**Your goal**
Please copy, exactly as they appear below, the lines from the one containing "let words = lent.as_mut_slice();" through the one containing "let refused = work.subsume_simplify(words).err();".

**Working data**

/// A walk over the tokens of a program.
#[derive(Drop)]
struct Walk<'a> {
    alloc: Global,
    tokens: &'a [Token],
    /// How many braces are open.
    depth: usize,
    /// The tokens of the names that are in scope.
    scope: Vec<usize>,
    /// How many names were in scope at each open brace.
    blocks: Vec<usize>,
    /// The name of a `let` whose value is read.
    pending: Option<usize>,
    /// The token with which the class begins.
    class: usize,
    faults: Vec<NameFault>,
}

/// The name that a token is.
fn name_of(token: Option<&Token>) -> Option<&Text> {
    match token {
        Some(Token::Name(name) | Token::ClassName(name)) => Some(name),
        _ => None,
    }
}

/// Whether a token is this name.
fn is_named(token: Option<&Token>, name: &str) -> bool {
    match name_of(token) {
        Some(other) => other.as_str() == name,
        None => false,
    }
}

/// What the name at a token is, at so many open braces.
fn role_of(tokens: &[Token], number: usize, depth: usize) -> Role {
    let is_called = spelling(tokens.get(number.saturating_add(1))) == "(";
    match spelling(back(tokens, number, 1)) {
        "class" => Role::Class,
        "field" => Role::Field,
        "let" => Role::Let,
        "." if spelling(back(tokens, number, 2)) == "this" && !is_called => Role::OwnField,
        "." => Role::Message,
        "(" if spelling(back(tokens, number, 2)) == "create" => Role::Created,
        _ if depth == 1 && is_called => Role::Method,
        _ if depth == 1 => Role::Parameter,
        _ if is_called => Role::Call,
        _ => Role::Local,
    }
}

/// Whether a class of this name begins before a token.
fn has_class(tokens: &[Token], name: &str, end: usize) -> bool {
    for number in 0..end.min(tokens.len()) {
        if spelling(back(tokens, number, 1)) == "class" && is_named(tokens.get(number), name) {
            return true;
        }
    }
    false
}

/// The token that is a name with this role, of the class that begins at a token, before another token.
fn member(tokens: &[Token], class: usize, name: &str, role: Role, end: usize) -> Option<usize> {
    let mut depth: usize = 0;
    for number in class..end.min(tokens.len()) {
        match spelling(tokens.get(number)) {
            "{" => depth = depth.saturating_add(1),
            "}" => depth = depth.saturating_sub(1),
            "class" if number > class => return None,
            _ => {
                if is_named(tokens.get(number), name) && role_of(tokens, number, depth) == role {
                    return Some(number);
                }
            }
        }
    }
    None
}

/// With how many equal bytes two names begin.
fn same_front(one: &[u8], other: &[u8]) -> usize {
    let mut count: usize = 0;
    for (a, b) in one.iter().zip(other.iter()) {
        if a != b {
            break;
        }
        count = count.saturating_add(1);
    }
    count
}

/// With how many equal bytes two names end.
fn same_end(one: &[u8], other: &[u8]) -> usize {
    let mut count: usize = 0;
    for (a, b) in one.iter().rev().zip(other.iter().rev()) {
        if a != b {
            break;
        }
        count = count.saturating_add(1);
    }
    count
}

/// Whether two names differ in one letter, or have two letters next to each other in another order.
pub fn are_near(one: &str, other: &str) -> bool {
    let (one, other) = (one.as_bytes(), other.as_bytes());
    let longest = one.len().max(other.len());
    let shortest = one.len().min(other.len());
    if longest < 3 || longest.saturating_sub(shortest) > 1 || one == other {
        return false;
    }
    let front = same_front(one, other);
    let same = front.saturating_add(same_end(one, other));
    let next = front.saturating_add(1);
    let are_turned = one.get(front) == other.get(next) && one.get(next) == other.get(front);
    same.saturating_add(1) >= longest || (same.saturating_add(2) >= longest && are_turned)
}

/// The builtins, each with the number of its arguments.
fn builtin(name: &str) -> Option<usize> {
    match name {
        "now" | "viewCount" | "views" | "sessionId" => Some(0),
        "random"
        | "known"
        | "beKnown"
        | "exists"
        | "destroy"
        | "cancel"
        | "persist"
        | "length"
        | "text"
        | "number" => Some(1),
        "at" | "push" | "concat" | "compare" => Some(2),
        "publish" | "subscribe" | "unsubscribe" | "put" | "slice" => Some(3),
        _ => None,
    }
}

/// The names of the builtins.
const BUILTINS: [&str; 23] = [
    "now",
    "random",
    "viewCount",
    "views",
    "sessionId",
    "known",
    "beKnown",
    "exists",
    "destroy",
    "publish",
    "subscribe",
    "unsubscribe",
    "cancel",
    "persist",
    "length",
    "at",
    "put",
    "push",
    "slice",
    "concat",
    "text",
    "number",
    "compare",
];

/// The builtin whose name is near to this one.
fn near_builtin(name: &str) -> Option<&'static str> {
    for other in &BUILTINS {
        if are_near(name, other) {
            return Some(*other);
        }
    }
    None
}

/// The builtin that does what a name of other languages does.
fn builtin_of_others(name: &str) -> Option<&'static str> {
    match name {
        "len" | "size" | "count" => Some("length"),
        "append" | "add" => Some("push"),
        "str" | "toString" => Some("text"),
        "int" | "parseInt" => Some("number"),
        "emit" | "send" => Some("publish"),
        "on" | "listen" => Some("subscribe"),
        "rand" => Some("random"),
        "join" => Some("concat"),
        _ => near_builtin(name),
    }
}

/// With how many arguments the name at a token is called.
fn arguments(tokens: &[Token], number: usize) -> usize {
    let mut open: usize = 0;
    let mut commas: usize = 0;
    let mut is_empty = true;
    for token in tokens.iter().skip(number.saturating_add(1)) {
        match spelling(Some(token)) {
            "(" | "[" => {
                is_empty = is_empty && open == 0;
                open = open.saturating_add(1);
            }
            ")" | "]" => {
                open = open.saturating_sub(1);
                if open == 0 {
                    break;
                }
            }
            "," if open == 1 => commas = commas.saturating_add(1),
            _ => is_empty = false,
        }
    }
    if is_empty {
        0
    } else {
        commas.saturating_add(1)
    }
}
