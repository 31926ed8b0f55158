//! Tests of threads that share a session, by the public calls of the lock. A test makes what it owns, and a function of
//! references looks at it: so its proof is short. Without its tests this library is empty.
#![tactic(auto)]

#[cfg(test)]
mod kept_sessions;
#[cfg(test)]
mod shared_sessions;
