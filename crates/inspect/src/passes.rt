// The passes of a simplification, as text.
ghost use Rattle.std.specs.Prelude.{◌≤◌};

use crate::text::{print_clause, print_nodes};
use image::fault::Fault;
use intake::state::Intake;
use scanned::making::scanned;
use std::alloc::{AllocError, Global};
use std::io;
use store::lists::Lists;
use store::store::Store;
use work::state::Work;

// The room of the store, which is the largest, and the words that it and the passes need.
const ROOM: u32 = 4096;

const STORE_WORDS: usize = 48 * 4096 + 4096;

const WORKING_WORDS: usize = 64 * 4096 + 8192;

// Whether a node has clauses.
fn has_clauses<S: Lists>(store: &S, node: u32) -> bool
    requires { node ≤ 1023 }
{
    store.own_len(2 * node) != 0 || store.own_len(2 * node + 1) != 0
}

// How many nodes have clauses, node 0 among them.
fn count_nodes<S: Store>(work: &Work<'_, S>) -> u32 {
    let mut nodes = 0u32;
    for node in 0..=work.top() {
        if has_clauses(work.store(), node) {
            nodes = nodes.wrapping_add(1);
        }
    }
    nodes
}

// Prints the clauses of an own list, each behind a space.
fn print_own<S: Lists>(rt: &HostRuntime, store: &S, l: u32) -> io::Result<()> {
    let mut at = store.first(l);
    for _place in 0..store.own_len(l) {
        let Some(h) = at else {
            break;
        };
        print!(rt; " ")?;
        print_clause(rt, store.clause(h))?;
        at = store.next(h);
    }
    Ok(())
}

// Prints the clauses of a node on a line, unless it has none.
fn print_node<S: Lists>(rt: &HostRuntime, store: &S, node: u32) -> io::Result<()>
    requires { node ≤ 1023 }
{
    if !has_clauses(store, node) {
        return Ok(());
    }
    print!(rt; "node {node}:")?;
    print_own(rt, store, 2 * node)?;
    print_own(rt, store, 2 * node + 1)?;
    println!(rt; "")
}

// The nodes that were taken out.
fn taken_out<S: Store>(heap: Global, work: &Work<'_, S>) -> Result<Vec<u32>, AllocError> {
    (0..=work.top())
        .filter(|node| work.is_taken_out(*node))
        .collect(heap)
}

// Prints the known values on a line, each as the literal that is true.
fn print_values<S: Store>(rt: &HostRuntime, work: &Work<'_, S>) -> io::Result<()> {
    print!(rt; "known")?;
    for node in 0..=work.top() {
        let value = work.value(node);
        if value.is_true() {
            print!(rt; " {node}")?;
        } else if value.is_false() {
            print!(rt; " !{node}")?;
        }
    }
    println!(rt; "")
}

// Prints the network as a call left it: how many nodes have clauses and how many clauses are live, the nodes that were taken out, the
// known values, and the clauses of every node that has some.
fn print_work<S: Store>(rt: &HostRuntime, call: &str, work: &Work<'_, S>) -> anyhow::Result<()> {
    let nodes = count_nodes(work);
    let live = work.live();
    println!(rt; "{call}: nodes {nodes}, live clauses {live}")?;
    print_nodes(rt, "taken out", taken_out(rt.alloc(), work)?.as_slice())?;
    print_values(rt, work)?;
    for node in 0..=work.top() {
        print_node(rt, work.store(), node)?;
    }
    Ok(())
}

// Prints why a pass was refused, if it was, and the network as it left it.
fn print_pass<S: Store>(
    rt: &HostRuntime,
    pass: &str,
    refused: Option<Fault>,
    work: &Work<'_, S>,
) -> anyhow::Result<()> {
    if let Some(fault) = refused {
        println!(rt; "{pass} {fault}")?;
    }
    print_work(rt, pass, work)
}

// Does the passes in turn, and prints the network before the first and after each.
fn print_each<S: Store>(rt: &HostRuntime, work: &mut Work<'_, S>) -> anyhow::Result<()> {
    let mut lent = vec![in rt.alloc(); 0u32; WORKING_WORDS]?;
    let words = lent.as_mut_slice();
    print_work(rt, "start", work)?;
    let refused = work.const_simplify(words).err();
    print_pass(rt, "const_simplify", refused, work)?;
    let refused = work.bve_simplify(words).err();
    print_pass(rt, "bve_simplify", refused, work)?;
    let refused = work.subsume_simplify(words).err();
    print_pass(rt, "subsume_simplify", refused, work)
}

// Starts a work of the intake over a store, and prints its passes; or why it cannot be started.
fn print_over<S: Store + Drop>(
    rt: &HostRuntime,
    intake: Intake<'_>,
    store: S,
) -> anyhow::Result<()> {
    match Work::start(intake, store) {
        Ok(mut work) => print_each(rt, &mut work),
        Err((_, _, fault)) => {
            println!(rt; "start {fault}")?;
            Ok(())
        }
    }
}

// Prints the passes over the network of an intake.
pub fn print_passes(rt: &HostRuntime, intake: Intake<'_>) -> anyhow::Result<()> {
    let mut words = vec![in rt.alloc(); 0u32; STORE_WORDS]?;
    print_over(rt, intake, scanned(words.as_mut_slice(), ROOM))
}
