use clause::Lit;
use image::reader::Run;
use intake::state::Intake;
use std::alloc::AllocError;
use std::io;

// Prints a clause, as `(!1 | 2)`.
pub fn print_clause(rt: &HostRuntime, clause: &[u32]) -> io::Result<()> {
    let mut before = "(";
    for l in clause {
        let literal = Lit::from(*l);
        print!(rt; "{before}{literal}")?;
        before = " | ";
    }
    print!(rt; ")")
}

// Prints the clauses of a node, one after another on a line.
fn print_node(rt: &HostRuntime, run: Run<'_>) -> io::Result<()> {
    let node = run.node;
    print!(rt; "node {node}:")?;
    for clause in run.clauses().map_while(Result::ok) {
        print!(rt; " ")?;
        print_clause(rt, clause)?;
    }
    println!(rt; "")
}

// Prints the nodes behind a word, on a line.
pub fn print_nodes(rt: &HostRuntime, word: &str, nodes: &[u32]) -> io::Result<()> {
    print!(rt; "{word}")?;
    for n in nodes {
        print!(rt; " {n}")?;
    }
    println!(rt; "")
}

// The frozen nodes of an intake.
fn frozen_nodes(rt: &HostRuntime, intake: &Intake<'_>) -> Result<Vec<u32>, AllocError> {
    (0..=intake.top())
        .filter(|node| intake.is_frozen(*node))
        .collect(rt.alloc())
}

// Prints the counts of an intake, its frozen and its loose nodes, and the clauses of every node that has some.
pub fn print_network(rt: &HostRuntime, intake: &Intake<'_>) -> anyhow::Result<()> {
    let top = intake.top();
    let count = intake.clause_count();
    println!(rt; "nodes {top}")?;
    println!(rt; "clauses {count}")?;
    print_nodes(rt, "frozen", frozen_nodes(rt, intake)?.as_slice())?;
    print_nodes(rt, "loose", intake.loose_nodes(rt.alloc())?.as_slice())?;
    for node in 1..=top {
        let run = intake.run(node);
        if !run.words.is_empty() {
            print_node(rt, run)?;
        }
    }
    Ok(())
}
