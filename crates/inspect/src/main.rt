// Looks at an image: reads an input of little-endian words, takes its image in, freezes its nodes, and prints what it opened,
// or the one line of a refusal. With the argument `passes` it then simplifies, and prints the network before and after each pass, so that
// it can be seen what was cut. The work is in `input`, `intake` and `work`; what is printed here is run, and not proved.
#![tactic(auto)]

mod passes;
mod text;

use crate::passes::print_passes;
use crate::text::print_network;
use anyhow::bail;
use input::opening::open_bytes;
use intake::state::Intake;
use std::env;
use std::io::Read;

// Whether the program's argument asks for the passes.
fn wants_passes(rt: &HostRuntime) -> anyhow::Result<bool> {
    match env::args(rt)?.nth(1) {
        Some(word) if word.as_str() == "passes" => Ok(true),
        Some(word) => bail!("the argument may be `passes`, not {word:?}"),
        None => Ok(false),
    }
}

fn main(rt: HostRuntime) -> anyhow::Result<()> {
    let passes = wants_passes(&rt)?;
    let mut bytes = Vec::new(rt.alloc());
    // one byte more than an input may have, so that a longer one is seen
    let _ = rt.stdin().take(65537).read_to_end(&mut bytes)?;
    let mut words = [0u32; 16384];
    let mut intake = Intake::smallest();
    if let Err(fault) = open_bytes(bytes.as_slice(), &mut words, &mut intake) {
        println!(rt; "{fault}")?;
        return Ok(());
    }
    print_network(&rt, &intake)?;
    if passes {
        print_passes(&rt, intake)?;
    }
    Ok(())
}
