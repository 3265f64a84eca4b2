//! Tests of a book, of its table and of the commands on it, in memory.
//!
//! | Module | What it tests |
//! |---|---|
//! | `answering` | commands on a book in memory, with what they write (no test) |
//! | `books` | levels with titles, and a book that is full |
//! | `commands` | commands one after another, each on the book that the last one left |
//! | `judgements` | solutions and certificates that are offered for a level |
//! | `letters` | a text of as many letters as may be offered |
//! | `pages` | what is shown of records |
//! | `reads` | readers that fail, for the commands on a book |
//! | `statements` | each statement once, with ample memory |
//! | `stops` | commands that are stopped, and the book that is found then |
//! | `tables` | tables that are opened as a book, or that are refused |
#![tactic(auto)]

#[cfg(test)]
mod answering;
#[cfg(test)]
mod books;
#[cfg(test)]
mod commands;
#[cfg(test)]
mod judgements;
#[cfg(test)]
mod letters;
#[cfg(test)]
mod pages;
#[cfg(test)]
mod reads;
#[cfg(test)]
mod statements;
#[cfg(test)]
mod stops;
#[cfg(test)]
mod tables;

**Response below**
    let words = lent.as_mut_slice();
    print_work(rt, "start", work)?;
    let refused = work.const_simplify(words).err();
    print_pass(rt, "const_simplify", refused, work)?;
    let refused = work.bve_simplify(words).err();
    print_pass(rt, "bve_simplify", refused, work)?;
    let refused = work.subsume_simplify(words).err();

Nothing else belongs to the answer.